At recruitment, mothers reported the number of older children living in the household and their smoking status during pregnancy [22]. We categorised the number of older children in the household as 0, 1 or 2 or more. Current maternal smoking status was recorded by study paediatricians on scheduled study visits when the infant was aged 1, 2, 3, 6, 9 and 12 months [22]. The parent or guardian (in most cases the mother) who accompanied the child at the 6.5-year follow-up visit reported weight, height and current smoking status for herself and her partner. All occasions when maternal smoking was reported (i.e. during pregnancy, at clinic visits during the first-year of follow-up and at 6.5 years postpartum) were recoded to any versus none from the number of cigarettes smoked per day and combined to create a measure of ‘maternal smoking’ categorised as unknown, never or ever.
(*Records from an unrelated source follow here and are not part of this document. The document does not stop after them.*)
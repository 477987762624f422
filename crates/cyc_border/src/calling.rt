//! A call of a handler, as the caller takes and finishes it.

ghost use Rattle.std.specs.Prelude.{◌≡◌, Some, None, Err, IfSome, IfNone, IfOk, IfErr};
ghost use Rattle.cyc_cpu.specs.Soft.{end_at, held_at, HasEmptyLists};
ghost use Rattle.cyc_border.specs.Border.{IsAsked, WhyNotAsked, AddsAsked, CallsAdd, FiresPart, FiresCpu, refused_at};
ghost use Rattle.cyc_border.specs.Border.{Takes, Finishes};
ghost use Rattle.cyc_border.specs.Border.{add_numbers, grant, stopped_at, handed_after, call_at, with_call};

use crate::cpu::Cpu;
use crate::granted::Granted;
use crate::numbers::{Denied, level_of};
use cyc_cpu::Hard;
use cyc_soft::{Ran, SoftRefused};
use cyc_timers::{FireRefused, Fired};
use cyc_types::{CyclicId, Level, Moment, Raise, Refusal, Soft, When};

/// What is granted where the caller has called this handler, or none.
fn granted(called: Option<CyclicId>) -> Granted
    ensures { result ≡ grant called }
{
    match called {
        Some(id) => Granted::One(id),
        None => Granted::Nothing,
    }
}

/// What stays handed out behind a fire that was refused, but not in front of a high cyclic: what was handed out before, where it
/// was refused at once. A call, so that LLVM takes it for rare, and a fire that stops in front of a high cyclic goes straight on.
#[cold]
#[inline(never)]
fn stays_out(high: Option<CyclicId>, refused: &FireRefused) -> Option<CyclicId>
    requires { stopped_at (Err refused.now) ≡ None }
    ensures { result ≡ handed_after high (Err refused.now) }
{
    match refused.why {
        Refusal::Suspended | Refusal::BadNow => high,
        _ => None,
    }
}

/// What is handed out behind a fire: the cyclic in front of which it stopped, and after a fire that was refused at once what was
/// handed out before.
fn handed_out(high: Option<CyclicId>, answer: &Result<Fired, FireRefused>) -> Option<CyclicId>
    ensures { result ≡ handed_after high answer.now }
{
    match answer {
        Ok(_) => None,
        Err(refused) => match refused.why {
            Refusal::HandlerRefused(id) => Some(id),
            _ => stays_out(high, refused),
        },
    }
}

/// The call that a soft interrupt stopped in front of.
fn refused_of(answer: &Result<Ran, SoftRefused>) -> Option<CyclicId>
    ensures { result ≡ refused_at answer.now }
{
    match answer {
        Ok(_) => None,
        Err(refused) => Some(refused.id),
    }
}

/// What an add is asked for.
#[derive(Clone, Copy, Debug, PartialEq, Eq)]
pub struct Asked {
    pub id: CyclicId,
    pub level: Level,
    pub when: When,
    pub now: Moment,
}

/// What these numbers ask for.
fn read_asked(id: u64, level: u32, start: i64, interval: i64, now: i64) -> Result<Asked, Denied>
    ensures ok { IfOk result (λ a. IsAsked id level start interval now a) }
    ensures err { IfErr result (λ e. WhyNotAsked id level start interval now e) }
{
    let Some(level) = level_of(level) else {
        return Err(Denied::Misused);
    };
    let Some(id) = CyclicId::new(id) else {
        return Err(Denied::Misused);
    };
    let when = When::new(start, interval)?;
    let now = Moment::new(now)?;
    Ok(Asked {
        id,
        level,
        when,
        now,
    })
}

/// Adds a cyclic as it is asked for, where no cyclic here has its id.
fn add_asked<R: Raise>(cpu: &mut Hard<R>, asked: Asked) -> Result<(), Denied>
    ensures { AddsAsked R.Raise asked result cpu.old cpu.new }
{
    if cpu.has(asked.id) {
        return Err(Denied::Taken);
    }
    cpu.add(asked.id, asked.level, asked.when, asked.now)?;
    Ok(())
}

/// Adds a cyclic of this id, which no other cyclic here has.
pub fn add<R: Raise>(
    cpu: &mut Hard<R>,
    id: u64,
    level: u32,
    start: i64,
    interval: i64,
    now: i64,
) -> Result<(), Denied>
    ensures { CallsAdd R.Raise (add_numbers id level start interval now) result cpu.old cpu.new }
{
    match read_asked(id, level, start, interval, now) {
        Ok(asked) => add_asked(cpu, asked),
        Err(denied) => Err(denied),
    }
}

/// Makes the expirations that are due, up to the next high one, which is then handed out in `high`: the caller calls its handler,
/// and the next fire counts that call.
///
/// Refuses with Suspended while the CPU is suspended, then with BadNow where `now` is never; both leave what is handed out as it
/// was. An expiration of a cyclic that has expired as often as it may is refused with CountSpent, and the high one in front of
/// which it stops with HandlerRefused; those before it were made. Takes no memory.
pub fn fire<R: Raise>(
    cpu: &mut Hard<R>,
    high: &mut Option<CyclicId>,
    now: Moment,
) -> Result<Fired, FireRefused>
    ensures { FiresPart R.Raise now result high.old cpu.old high.new cpu.new }
{
    let mut calls = granted(*high);
    let answer = cpu.fire(now, &mut calls);
    *high = handed_out(*high, &answer);
    answer
}

impl Cpu {
    /// The same of a CPU on one thread.
    pub fn fire(&mut self, now: Moment) -> Result<Fired, FireRefused>
        ensures { FiresCpu now result self.old self.new }
    {
        fire(&mut self.hard, &mut self.high, now)
    }

    /// The call of this level that was taken and is not finished.
    fn call_at(&self, level: Soft) -> Option<CyclicId>
        ensures { result ≡ call_at level self.now }
    {
        match level {
            Soft::Low => self.low,
            Soft::Lock => self.lock,
        }
    }

    fn set_call(&mut self, level: Soft, call: Option<CyclicId>)
        ensures { self.new ≡ with_call level call self.old }
    {
        match level {
            Soft::Low => self.low = call,
            Soft::Lock => self.lock = call,
        }
    }

    /// The cyclic of this level whose handler the caller is to call next.
    pub fn take(&mut self, level: Soft) -> Option<CyclicId>
        ensures did { Takes level result self.old self.new }
        ensures held { IfSome result (λ id. held_at (end_at level self.new.hard) ≡ Some id) }
        ensures idle { IfNone result (HasEmptyLists (end_at level self.new.hard)) }
    {
        let mut nobody = Granted::Nothing;
        let answer = self.hard.softint(level, &mut nobody, 1);
        self.set_call(level, refused_of(&answer));
        self.call_at(level)
    }

    /// Counts the call that was taken, which the caller has made.
    pub fn finish(&mut self, level: Soft) -> Result<(), Denied>
        ensures { Finishes level result self.old self.new }
    {
        let Some(id) = self.call_at(level) else {
            return Err(Denied::Misused);
        };
        let mut calls = Granted::One(id);
        let answer = self.hard.softint(level, &mut calls, 1);
        self.set_call(level, None);
        match answer {
            Ok(ran) => {
                if ran.calls > 0 {
                    Ok(())
                } else {
                    Err(Denied::Misused)
                }
            }
            Err(refused) => Err(Denied::Refused(Refusal::HandlerRefused(refused.id))),
        }
    }
}
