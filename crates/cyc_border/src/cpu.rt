//! A CPU with the calls that its user has in hand.

ghost use Rattle.std.specs.Prelude.{◌≡◌};

use cyc_core::LevelCore;
use cyc_cpu::Hard;
use cyc_types::CyclicId;

/// A CPU that one thread uses, and the calls of handlers that its user has in hand.
#[derive(Drop)]
pub struct Cpu {
    pub hard: Hard<LevelCore>,
    /// The high cyclic that is handed out: the last fire stopped in front of it, but for those that were refused at once.
    pub high: Option<CyclicId>,
    /// The cyclic of the lock level whose call was taken and is not finished.
    pub lock: Option<CyclicId>,
    /// The same of the low level.
    pub low: Option<CyclicId>,
}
The institutional review board of the Montreal Children’s Hospital approved both the original PROBIT trial and the 6.5-year follow-up; the participating parent or guardian signed consent forms in Russian at each phase.

Statistical methods

Summarising individual BMI z-score trajectories

We chose age 7 years (84 months) as our upper age cut-off for this study, as this was the oldest age with large numbers of measurements to describe the BMI z-score trajectory by socioeconomic groups and enabled us to identify the earliest age at which differences emerged. The PROBIT cohort is rich in data from birth to 7 years, with 3–14 repeated measures of BMI during this period for each child. Those with fewer visits did not attend all of the eight scheduled clinic visits, whereas those with many visits attended all the scheduled visits and, in addition, had weights and heights measured at additional routine check-ups. We included all children with at least two measurements of BMI in our analysis, who comprised 99% of the available sample. We parameterised the relationship between BMI z-score and age using linear splines and 3 knot points at 3, 12 and 34 months to describe periods of approximately linear growth based on the data [17]. Although a linear spline model is an approximation of the true growth function, its coefficients are easily interpretable and have been shown to produce good model fit in this and several other cohorts [30,31,32,33,34,35]. The multilevel model included three levels: (i) the age at measurement; (ii) the individual child; and (iii) the hospital or polyclinic site where the child was examined. The multilevel model allows completely unstructured covariances between phases of growth and allows negative correlations for adjacent growth phases. To predict the mean BMI z-scores in each category of maternal education at various ages, we employed the lincom command in STATA, which uses the multilevel model coefficients. To estimate absolute differences in BMI z-score between the highest and lowest categories of maternal education at age 7 years, we used precise model coefficients and the lincom command (see eMethods 1 for details). We also report observed measurements taken at planned clinic visits in terms of sex-specific WHO BMI-for-age z-scores [27, 28], thus allowing comparison with other cohorts.

Crude and multivariable analyses of BMI z-score trajectories

Three multivariable multilevel models were fitted for BMI z-score per category of socioeconomic indicator (maternal education, paternal education and highest household occupation), which are the main exposures for this study. Model 1 controlled for study trial arm (breastfeeding promotion intervention or usual care [22]) and geographical location (urban versus rural and East versus West Belarus), as these geographical variables may confound the associations examined. Model 2 additionally controlled for parents’ BMIs, a proxy for adiposity-related genetic and environmental factors that may influence the child’s size [16]. Model 3 additionally controlled for maternal smoking status and number of older siblings, because previous studies have shown these factors to be associated with both childhood adiposity gain and socioeconomic position [18,19,20,21].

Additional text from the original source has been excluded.